**Task statement**
Find the line containing "use std::alloc::Global;" in the listing below. Repeat it exactly, along with each following line up to and including the one containing "want of memory.".

BEGIN Source data

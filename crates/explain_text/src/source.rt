// The source file.
ghost use Rattle.std.specs.Prelude.{◌≡◌, ◌≤◌, length};
ghost use Rattle.explain_text.specs.Sources.{mark_length, is_place};

use explain_lines::{Spot, begins_character};

/// A source file as it is shown.
#[derive(Clone, Copy)]
pub struct Source<'s> {
    /// Its name.
    pub name: &'s str,
    /// Its bytes behind a byte order mark.
    pub text: &'s [u8],
    /// How many bytes that mark has.
    pub mark: usize,
    /// Spots along the bytes (`explain_lines::checkpoints`).
    pub spots: &'s [Spot],
    /// Whether colours of a terminal are written.
    pub paint: bool,
}

/// How many bytes the byte order mark has with which a file begins: 3, or 0 where it begins with none.
pub fn mark_length(file: &[u8]) -> usize
    ensures exact { result ≡ mark_length file.now }
    ensures within { result ≤ length file.now }
{
    match file {
        [0xEF, 0xBB, 0xBF, ..] => 3,
        _ => 0,
    }
}

// Whether a finding may stand there: within the file or at its end, and not inside a character. The first byte that is no
// UTF-8 (rule 1) is looked at by itself.
pub(crate) fn is_place(file: &[u8], at: u64, any: bool) -> bool
    ensures { result ≡ is_place file.now at any }
{
    if at == file.len() as u64 {
        return true;
    }
    if at > file.len() as u64 {
        return false;
    }
    any || begins_character(file[at as usize])
}
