// The least model of Horn clauses.
ghost use Rattle.std.specs.Prelude.{◌≡◌, ◌<◌, ◌↔◌, IsTrue, IsNone, IfOk, length};
ghost use Rattle.std.specs.List.{All};
ghost use Rattle.std.specs.Option.{ForSome};
ghost use Rattle.horn_clauses.specs.Derivations.{IsLeastModel};
ghost use Rattle.horn_clauses.specs.Marks.{IsWithin, HoldsThroughout, IsClosed, IsOpenHead};

use crate::Clause;
use crate::propagation::propagate;
use no_memory::NoMemory;
use std::alloc::Global;

/// Which atoms hold in the least model of the clauses: a mark for each of the atoms from 0 to `count`, without `count`.
///
/// Each atom of each clause is below `count`. The only error is want of memory.
pub fn least_model(alloc: Global, count: u32, clauses: &[Clause]) -> Result<Vec<bool>, NoMemory>
    requires { All (IsWithin count) clauses.now }
    ensures { IfOk result (λ v. IsLeastModel count clauses.now v.items) }
{
    let mut marks = propagate(alloc, count, clauses)?;
    // All clauses are done with by now, so this asks once. That none was left out is seen here and nowhere else.
    while let Some(head) = open_head(clauses, &marks) {
        marks[head as usize] = true;
    }
    Ok(marks)
}

// The head of a clause whose body holds while its head does not.
fn open_head(clauses: &[Clause], marks: &[bool]) -> Option<u32>
    requires { All (IsWithin (length marks.now)) clauses.now }
    ensures found { ForSome result (IsOpenHead clauses.now marks.now) }
    ensures closed { IsNone result → IsClosed clauses.now marks.now }
{
    for clause in clauses {
        if !marks[clause.head as usize] && holds_throughout(&clause.body, marks) {
            return Some(clause.head);
        }
    }
    None
}

// Tells whether all atoms of a body are marked.
fn holds_throughout(body: &[u32], marks: &[bool]) -> bool
    requires { All (λ a. a < length marks.now) body.now }
    ensures { IsTrue result ↔ HoldsThroughout marks.now body.now }
{
    for atom in body {
        if !marks[*atom as usize] {
            return false;
        }
    }
    true
}
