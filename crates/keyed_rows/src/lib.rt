//! Rows in the order of what they decided, for trees that look at any column next.
//!
//! A row of a match knows which alternatives were chosen on the way to it; the or-patterns of an arm have numbers, so what
//! it decided is a key, and rows are in the order of their keys. Proved here: a step at any column keeps rows parted, so
//! that the first row of wildcards has the first way; and it keeps what there is to try. Nothing runs here: the lemmas
//! are in `proofs/`, and the calls below have the laws that stand by themselves.
#![tactic(auto)]

ghost use Rattle.keyed_rows.specs.Laws.{WaysAscend, ArmsAreNumbered};

/// The ways of a pattern whose or-patterns are numbered in preorder come in the order of what they decide.
pub fn ways_ascend<T>()
    ensures { WaysAscend T }
{}

/// Where no two patterns of a match have one uid, the uids of alternatives tell what each decides: in every arm the
/// or-patterns are numbered in preorder.
pub fn arms_are_numbered<T>()
    ensures { ArmsAreNumbered T }
{}
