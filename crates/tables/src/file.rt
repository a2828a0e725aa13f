// A file as the disk: it is read a page ahead, and writes to neighbouring sectors are gathered up to the next sync, no
// further. Before anything is read all of it is made lasting, since an earlier run may have been killed before its sync.
use console::{Disk, SECTOR, Stop};
use std::fs::{File, OpenFile, OpenOptions};
use std::io;
use std::io::{Read, Seek, SeekFrom, Write};

// Sectors that are read at once.
const AHEAD: u64 = 8;

// Bytes that are gathered at most.
const GATHERED: usize = 65536;

#[derive(Drop)]
pub struct FileDisk {
    file: File,
    len: u64,
    // sectors read ahead, and the first of them
    page: [u8; 4096],
    page_at: Option<u64>,
    // sectors to be written, and the first of them
    gathered: Vec<u8>,
    gathered_at: u64,
}

impl FileDisk {
    // Opens a file for reading and writing; it is never made or made longer.
    pub fn open(rt: &HostRuntime, path: &str) -> io::Result<FileDisk> {
        let file = OpenOptions::new().read(true).write(true).open(rt, path)?;
        let len = file.metadata()?.len();
        file.sync_data()?;
        Ok(FileDisk {
            file,
            len,
            page: [0; 4096],
            page_at: None,
            gathered: Vec::new(rt.alloc()),
            gathered_at: 0,
        })
    }

    pub fn bytes(&self) -> u64 {
        self.len
    }

    // How many sectors it has, if it has no part of one.
    pub fn sectors(&self) -> Option<u64> {
        (self.len % SECTOR == 0).then_some(self.len / SECTOR)
    }

    // Writes what was gathered.
    fn flush(&mut self) -> io::Result<()> {
        if self.gathered.is_empty() {
            return Ok(());
        }
        self.file
            .seek(SeekFrom::Start(self.gathered_at.saturating_mul(SECTOR)))?;
        self.file.write_all(self.gathered.as_slice())?;
        self.gathered.clear();
        Ok(())
    }

    // Reads the page of a sector, or as much of it as the device has.
    fn load(&mut self, first: u64) -> io::Result<()> {
        self.page_at = None;
        let count = (self.len / SECTOR).saturating_sub(first).min(AHEAD);
        self.file
            .seek(SeekFrom::Start(first.saturating_mul(SECTOR)))?;
        read_some(&mut self.file, &mut self.page, count)?;
        self.page_at = Some(first);
        Ok(())
    }

    // Does a sector follow those that were gathered?
    fn follows(&self, sector: u64) -> bool {
        let len = self.gathered.len();
        if len == 0 || len >= GATHERED {
            return false;
        }
        self.gathered_at.checked_add(len as u64 / SECTOR) == Some(sector)
    }
}

fn read_some(file: &mut File, page: &mut [u8; 4096], count: u64) -> io::Result<()> {
    if count < AHEAD {
        let end = count as usize * 512;
        return file.read_exact(&mut page[..end]);
    }
    file.read_exact(page)
}

// One sector of a page.
fn copy_sector(page: &[u8; 4096], at: u64, into: &mut [u8; 512]) {
    let from = (at % AHEAD) as usize * 512;
    into.copy_from_slice(&page[from..from + 512]);
}

impl Disk for FileDisk {
    fn read(&mut self, sector: u64, into: &mut [u8; 512]) -> Result<(), Stop> {
        self.flush()?;
        let first = sector - sector % AHEAD;
        if self.page_at != Some(first) {
            self.load(first)?;
        }
        copy_sector(&self.page, sector, into);
        Ok(())
    }

    fn write(&mut self, sector: u64, bytes: &[u8; 512]) -> Result<(), Stop> {
        self.page_at = None;
        if !self.follows(sector) {
            self.flush()?;
            self.gathered_at = sector;
        }
        self.gathered.extend_from_slice(bytes)?;
        Ok(())
    }

    fn sync(&mut self) -> Result<(), Stop> {
        self.flush()?;
        self.file.sync_data()?;
        Ok(())
    }
}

END Source data

**Reply to the task**
use std::alloc::Global;

/// Which atoms hold in the least model of the clauses: a mark for each of the atoms from 0 to `count`, without `count`.
///
/// Each atom of each clause is below `count`. The only error is want of memory.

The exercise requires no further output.